■ Instructions for the task:
Once you have read the entries, please say how many lines hold the string "bases", giving the number only.

Saved data entries:
+---+

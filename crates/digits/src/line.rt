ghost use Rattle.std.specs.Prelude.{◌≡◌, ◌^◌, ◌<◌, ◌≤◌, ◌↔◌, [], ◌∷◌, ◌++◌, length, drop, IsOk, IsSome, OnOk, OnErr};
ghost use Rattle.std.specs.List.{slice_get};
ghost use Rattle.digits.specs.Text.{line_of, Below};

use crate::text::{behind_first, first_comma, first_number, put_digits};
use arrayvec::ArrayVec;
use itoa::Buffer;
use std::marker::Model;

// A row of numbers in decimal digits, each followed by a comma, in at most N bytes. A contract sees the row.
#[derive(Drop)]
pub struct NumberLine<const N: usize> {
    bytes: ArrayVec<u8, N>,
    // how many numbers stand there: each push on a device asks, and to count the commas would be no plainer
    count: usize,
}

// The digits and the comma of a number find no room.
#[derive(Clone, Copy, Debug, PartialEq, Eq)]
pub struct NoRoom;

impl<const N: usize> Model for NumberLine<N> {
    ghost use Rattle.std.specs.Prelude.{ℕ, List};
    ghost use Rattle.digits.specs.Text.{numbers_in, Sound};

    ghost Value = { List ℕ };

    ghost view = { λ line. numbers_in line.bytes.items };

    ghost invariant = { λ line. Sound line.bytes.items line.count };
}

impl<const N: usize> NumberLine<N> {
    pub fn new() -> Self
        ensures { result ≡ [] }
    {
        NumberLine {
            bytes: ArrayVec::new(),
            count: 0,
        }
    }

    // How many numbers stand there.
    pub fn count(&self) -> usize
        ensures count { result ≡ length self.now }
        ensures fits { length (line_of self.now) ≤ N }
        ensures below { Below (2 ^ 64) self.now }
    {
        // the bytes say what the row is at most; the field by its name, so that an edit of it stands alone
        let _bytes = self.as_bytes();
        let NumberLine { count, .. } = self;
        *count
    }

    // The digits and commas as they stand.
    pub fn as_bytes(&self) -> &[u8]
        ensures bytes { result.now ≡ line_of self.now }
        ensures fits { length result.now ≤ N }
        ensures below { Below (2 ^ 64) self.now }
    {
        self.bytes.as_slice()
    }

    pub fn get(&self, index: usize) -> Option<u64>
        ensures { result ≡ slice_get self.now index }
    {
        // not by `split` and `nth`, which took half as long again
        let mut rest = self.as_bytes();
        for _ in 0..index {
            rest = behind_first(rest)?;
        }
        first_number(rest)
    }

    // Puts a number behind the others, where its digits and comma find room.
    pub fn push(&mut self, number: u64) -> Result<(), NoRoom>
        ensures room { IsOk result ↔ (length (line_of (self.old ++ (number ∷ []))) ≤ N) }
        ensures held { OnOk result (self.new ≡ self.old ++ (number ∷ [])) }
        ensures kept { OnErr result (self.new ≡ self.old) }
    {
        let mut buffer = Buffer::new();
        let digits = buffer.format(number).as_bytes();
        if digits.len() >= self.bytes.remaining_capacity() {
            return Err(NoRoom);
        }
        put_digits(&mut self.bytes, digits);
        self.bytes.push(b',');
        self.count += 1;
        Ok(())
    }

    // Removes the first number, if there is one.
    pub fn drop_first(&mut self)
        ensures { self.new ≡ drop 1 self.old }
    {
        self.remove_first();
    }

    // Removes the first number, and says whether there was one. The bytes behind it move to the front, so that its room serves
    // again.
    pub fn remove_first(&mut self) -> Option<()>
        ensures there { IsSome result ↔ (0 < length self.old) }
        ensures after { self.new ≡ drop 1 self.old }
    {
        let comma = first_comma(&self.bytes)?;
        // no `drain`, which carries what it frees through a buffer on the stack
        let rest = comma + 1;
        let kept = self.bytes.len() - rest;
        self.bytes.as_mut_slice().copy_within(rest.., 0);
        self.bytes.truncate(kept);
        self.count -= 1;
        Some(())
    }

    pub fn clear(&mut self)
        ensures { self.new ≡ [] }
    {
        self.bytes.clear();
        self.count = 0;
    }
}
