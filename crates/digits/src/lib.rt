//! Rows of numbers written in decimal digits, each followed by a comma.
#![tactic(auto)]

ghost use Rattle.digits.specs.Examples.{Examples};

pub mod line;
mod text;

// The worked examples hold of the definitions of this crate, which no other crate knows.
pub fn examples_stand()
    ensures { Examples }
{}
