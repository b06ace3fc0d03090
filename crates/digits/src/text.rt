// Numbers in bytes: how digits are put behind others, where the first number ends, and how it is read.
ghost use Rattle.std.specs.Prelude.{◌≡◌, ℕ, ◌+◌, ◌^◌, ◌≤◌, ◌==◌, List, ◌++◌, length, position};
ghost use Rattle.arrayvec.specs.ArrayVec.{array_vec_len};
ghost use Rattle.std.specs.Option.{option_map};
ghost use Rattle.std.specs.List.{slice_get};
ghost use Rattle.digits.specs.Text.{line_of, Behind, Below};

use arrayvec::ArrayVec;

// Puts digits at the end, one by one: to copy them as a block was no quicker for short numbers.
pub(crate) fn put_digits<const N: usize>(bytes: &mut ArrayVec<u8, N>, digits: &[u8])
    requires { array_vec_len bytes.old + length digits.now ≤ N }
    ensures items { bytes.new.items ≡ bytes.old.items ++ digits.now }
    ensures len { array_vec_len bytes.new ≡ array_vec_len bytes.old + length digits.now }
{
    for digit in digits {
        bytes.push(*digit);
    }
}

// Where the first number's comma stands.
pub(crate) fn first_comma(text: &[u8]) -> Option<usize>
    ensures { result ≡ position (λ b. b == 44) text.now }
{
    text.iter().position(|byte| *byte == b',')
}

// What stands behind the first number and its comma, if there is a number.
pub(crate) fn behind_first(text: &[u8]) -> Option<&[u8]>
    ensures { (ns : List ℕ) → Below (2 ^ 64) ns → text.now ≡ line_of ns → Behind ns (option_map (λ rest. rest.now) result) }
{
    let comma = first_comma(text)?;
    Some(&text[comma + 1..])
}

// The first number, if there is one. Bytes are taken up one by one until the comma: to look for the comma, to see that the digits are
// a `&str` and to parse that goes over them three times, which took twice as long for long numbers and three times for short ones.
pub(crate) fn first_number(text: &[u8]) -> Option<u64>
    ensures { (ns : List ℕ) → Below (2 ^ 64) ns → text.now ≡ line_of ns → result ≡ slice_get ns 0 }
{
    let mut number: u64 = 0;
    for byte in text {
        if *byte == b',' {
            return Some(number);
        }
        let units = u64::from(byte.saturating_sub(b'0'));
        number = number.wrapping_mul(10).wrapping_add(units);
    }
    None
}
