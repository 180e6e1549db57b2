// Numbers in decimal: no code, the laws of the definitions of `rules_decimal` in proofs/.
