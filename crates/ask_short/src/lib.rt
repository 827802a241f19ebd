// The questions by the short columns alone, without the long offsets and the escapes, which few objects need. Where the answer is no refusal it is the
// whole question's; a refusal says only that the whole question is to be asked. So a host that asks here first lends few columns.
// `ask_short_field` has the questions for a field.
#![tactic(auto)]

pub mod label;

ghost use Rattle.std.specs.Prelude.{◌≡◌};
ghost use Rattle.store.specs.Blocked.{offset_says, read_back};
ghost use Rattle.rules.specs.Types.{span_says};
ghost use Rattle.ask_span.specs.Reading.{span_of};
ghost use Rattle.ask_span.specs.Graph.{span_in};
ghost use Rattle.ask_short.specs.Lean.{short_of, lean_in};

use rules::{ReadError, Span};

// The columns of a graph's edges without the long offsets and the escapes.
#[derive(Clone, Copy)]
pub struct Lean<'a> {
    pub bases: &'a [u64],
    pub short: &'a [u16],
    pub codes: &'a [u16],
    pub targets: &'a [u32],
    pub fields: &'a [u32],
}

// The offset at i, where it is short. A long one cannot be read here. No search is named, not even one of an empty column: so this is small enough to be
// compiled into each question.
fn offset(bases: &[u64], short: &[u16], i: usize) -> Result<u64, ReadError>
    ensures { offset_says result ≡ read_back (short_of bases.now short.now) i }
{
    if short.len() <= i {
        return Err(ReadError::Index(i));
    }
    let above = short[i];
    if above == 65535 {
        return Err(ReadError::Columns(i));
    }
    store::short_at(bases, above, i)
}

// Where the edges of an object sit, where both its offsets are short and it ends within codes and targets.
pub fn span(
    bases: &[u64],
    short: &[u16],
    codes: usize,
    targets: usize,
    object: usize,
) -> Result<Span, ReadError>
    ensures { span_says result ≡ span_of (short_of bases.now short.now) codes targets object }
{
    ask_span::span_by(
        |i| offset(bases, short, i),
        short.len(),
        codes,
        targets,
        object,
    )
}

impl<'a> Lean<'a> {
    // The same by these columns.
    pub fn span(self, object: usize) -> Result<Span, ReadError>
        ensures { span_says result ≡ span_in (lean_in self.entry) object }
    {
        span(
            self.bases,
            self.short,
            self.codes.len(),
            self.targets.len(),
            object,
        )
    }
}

+---+

■ Output of the exercise:
8